■ **Exercise requirements**
Return each line of the data below that contains the string "numbered".

Stored data entries

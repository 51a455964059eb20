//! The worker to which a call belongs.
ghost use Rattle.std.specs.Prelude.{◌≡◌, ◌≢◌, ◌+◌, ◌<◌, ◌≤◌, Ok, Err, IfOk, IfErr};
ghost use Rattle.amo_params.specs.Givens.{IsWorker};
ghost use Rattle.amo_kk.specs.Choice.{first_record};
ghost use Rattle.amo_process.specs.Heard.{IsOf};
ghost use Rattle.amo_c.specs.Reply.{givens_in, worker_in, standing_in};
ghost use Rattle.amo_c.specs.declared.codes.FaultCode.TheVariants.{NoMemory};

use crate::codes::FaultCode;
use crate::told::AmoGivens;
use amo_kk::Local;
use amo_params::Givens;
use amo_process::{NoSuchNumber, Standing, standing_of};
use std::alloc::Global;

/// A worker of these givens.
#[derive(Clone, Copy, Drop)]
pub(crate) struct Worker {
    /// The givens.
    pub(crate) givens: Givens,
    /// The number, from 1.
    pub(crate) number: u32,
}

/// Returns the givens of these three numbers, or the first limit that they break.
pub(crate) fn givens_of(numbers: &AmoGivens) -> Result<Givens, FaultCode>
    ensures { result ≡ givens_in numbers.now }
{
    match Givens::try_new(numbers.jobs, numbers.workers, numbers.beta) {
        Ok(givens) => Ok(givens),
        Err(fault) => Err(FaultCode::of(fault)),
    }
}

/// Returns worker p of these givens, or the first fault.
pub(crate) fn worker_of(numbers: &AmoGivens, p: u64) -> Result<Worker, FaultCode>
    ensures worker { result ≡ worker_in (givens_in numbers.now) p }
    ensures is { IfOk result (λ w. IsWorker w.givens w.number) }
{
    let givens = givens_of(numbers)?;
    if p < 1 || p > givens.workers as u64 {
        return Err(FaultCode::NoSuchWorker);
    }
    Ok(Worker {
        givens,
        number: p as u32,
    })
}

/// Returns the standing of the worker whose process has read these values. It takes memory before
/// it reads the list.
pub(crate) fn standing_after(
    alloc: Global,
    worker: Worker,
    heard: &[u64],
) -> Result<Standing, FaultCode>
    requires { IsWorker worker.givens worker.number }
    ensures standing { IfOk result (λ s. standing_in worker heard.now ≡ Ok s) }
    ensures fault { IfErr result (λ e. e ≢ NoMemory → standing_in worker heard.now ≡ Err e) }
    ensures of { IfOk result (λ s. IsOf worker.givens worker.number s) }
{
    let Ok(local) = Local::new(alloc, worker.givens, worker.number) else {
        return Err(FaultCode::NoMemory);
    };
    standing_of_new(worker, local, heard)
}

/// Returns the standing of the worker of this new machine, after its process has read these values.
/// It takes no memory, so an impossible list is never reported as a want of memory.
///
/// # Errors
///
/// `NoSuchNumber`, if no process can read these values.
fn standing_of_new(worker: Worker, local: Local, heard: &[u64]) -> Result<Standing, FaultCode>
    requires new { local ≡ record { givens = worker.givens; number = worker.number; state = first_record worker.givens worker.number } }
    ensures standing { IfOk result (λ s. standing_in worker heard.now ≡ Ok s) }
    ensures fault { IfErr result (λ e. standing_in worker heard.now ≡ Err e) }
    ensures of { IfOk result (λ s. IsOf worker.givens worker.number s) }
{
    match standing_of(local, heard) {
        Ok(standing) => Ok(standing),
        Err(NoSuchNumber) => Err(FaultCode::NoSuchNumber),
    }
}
* * *
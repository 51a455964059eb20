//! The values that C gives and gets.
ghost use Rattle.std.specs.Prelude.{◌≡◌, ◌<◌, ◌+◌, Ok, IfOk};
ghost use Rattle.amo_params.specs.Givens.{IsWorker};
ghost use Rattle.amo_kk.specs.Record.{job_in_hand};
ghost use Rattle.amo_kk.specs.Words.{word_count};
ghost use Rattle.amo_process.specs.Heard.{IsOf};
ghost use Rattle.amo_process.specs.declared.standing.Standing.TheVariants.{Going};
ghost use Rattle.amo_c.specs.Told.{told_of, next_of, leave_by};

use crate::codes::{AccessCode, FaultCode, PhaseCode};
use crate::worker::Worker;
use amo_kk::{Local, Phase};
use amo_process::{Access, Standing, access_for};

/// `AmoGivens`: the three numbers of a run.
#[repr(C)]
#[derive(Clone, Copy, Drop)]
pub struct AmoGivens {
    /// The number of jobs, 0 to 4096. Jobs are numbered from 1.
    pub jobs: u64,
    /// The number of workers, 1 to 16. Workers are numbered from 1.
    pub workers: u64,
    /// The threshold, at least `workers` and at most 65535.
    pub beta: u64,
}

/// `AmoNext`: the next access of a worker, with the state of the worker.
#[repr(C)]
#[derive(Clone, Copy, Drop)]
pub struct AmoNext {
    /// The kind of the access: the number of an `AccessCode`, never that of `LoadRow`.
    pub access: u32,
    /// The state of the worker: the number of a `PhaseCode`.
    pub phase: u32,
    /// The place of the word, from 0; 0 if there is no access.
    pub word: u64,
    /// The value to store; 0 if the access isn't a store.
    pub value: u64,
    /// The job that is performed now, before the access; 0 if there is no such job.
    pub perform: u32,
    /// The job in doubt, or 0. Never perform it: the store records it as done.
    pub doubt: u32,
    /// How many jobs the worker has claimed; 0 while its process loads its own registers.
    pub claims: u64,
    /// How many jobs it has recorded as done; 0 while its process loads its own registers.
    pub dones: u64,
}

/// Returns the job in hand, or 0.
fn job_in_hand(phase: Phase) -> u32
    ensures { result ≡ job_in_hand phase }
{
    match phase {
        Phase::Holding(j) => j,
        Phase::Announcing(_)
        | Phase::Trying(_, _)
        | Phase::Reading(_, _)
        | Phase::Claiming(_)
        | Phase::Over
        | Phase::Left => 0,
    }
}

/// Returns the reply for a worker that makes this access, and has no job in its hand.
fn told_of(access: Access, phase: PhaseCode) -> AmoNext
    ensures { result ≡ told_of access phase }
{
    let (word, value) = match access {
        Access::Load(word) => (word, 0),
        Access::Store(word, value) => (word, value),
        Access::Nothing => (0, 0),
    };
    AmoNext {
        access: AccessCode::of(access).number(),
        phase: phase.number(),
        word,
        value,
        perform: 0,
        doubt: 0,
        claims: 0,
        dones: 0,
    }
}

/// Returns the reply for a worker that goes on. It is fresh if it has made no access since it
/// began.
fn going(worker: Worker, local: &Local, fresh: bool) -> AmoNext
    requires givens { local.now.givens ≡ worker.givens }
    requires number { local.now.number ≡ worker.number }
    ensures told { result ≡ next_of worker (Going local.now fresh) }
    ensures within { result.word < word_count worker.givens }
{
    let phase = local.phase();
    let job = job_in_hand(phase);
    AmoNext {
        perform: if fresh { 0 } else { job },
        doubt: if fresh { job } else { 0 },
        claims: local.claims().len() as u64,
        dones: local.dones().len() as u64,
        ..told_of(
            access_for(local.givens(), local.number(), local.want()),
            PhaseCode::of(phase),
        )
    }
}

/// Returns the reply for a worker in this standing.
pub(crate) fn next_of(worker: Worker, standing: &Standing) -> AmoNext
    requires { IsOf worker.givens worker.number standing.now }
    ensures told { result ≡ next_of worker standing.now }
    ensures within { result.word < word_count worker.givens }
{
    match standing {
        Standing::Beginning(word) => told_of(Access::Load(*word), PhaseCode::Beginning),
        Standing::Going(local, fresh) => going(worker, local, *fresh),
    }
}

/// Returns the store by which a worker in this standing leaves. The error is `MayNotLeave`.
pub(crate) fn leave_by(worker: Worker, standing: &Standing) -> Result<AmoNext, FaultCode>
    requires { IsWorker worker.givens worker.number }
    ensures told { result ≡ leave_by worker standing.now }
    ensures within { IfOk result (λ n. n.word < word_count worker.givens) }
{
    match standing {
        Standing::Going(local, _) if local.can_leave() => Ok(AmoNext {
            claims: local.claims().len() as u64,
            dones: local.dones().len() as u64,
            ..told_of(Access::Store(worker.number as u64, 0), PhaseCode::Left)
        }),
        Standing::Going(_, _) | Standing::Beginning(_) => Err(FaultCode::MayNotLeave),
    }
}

■ **Solved exercise**
    /// The number of jobs, 0 to 4096. Jobs are numbered from 1.
    /// The number of workers, 1 to 16. Workers are numbered from 1.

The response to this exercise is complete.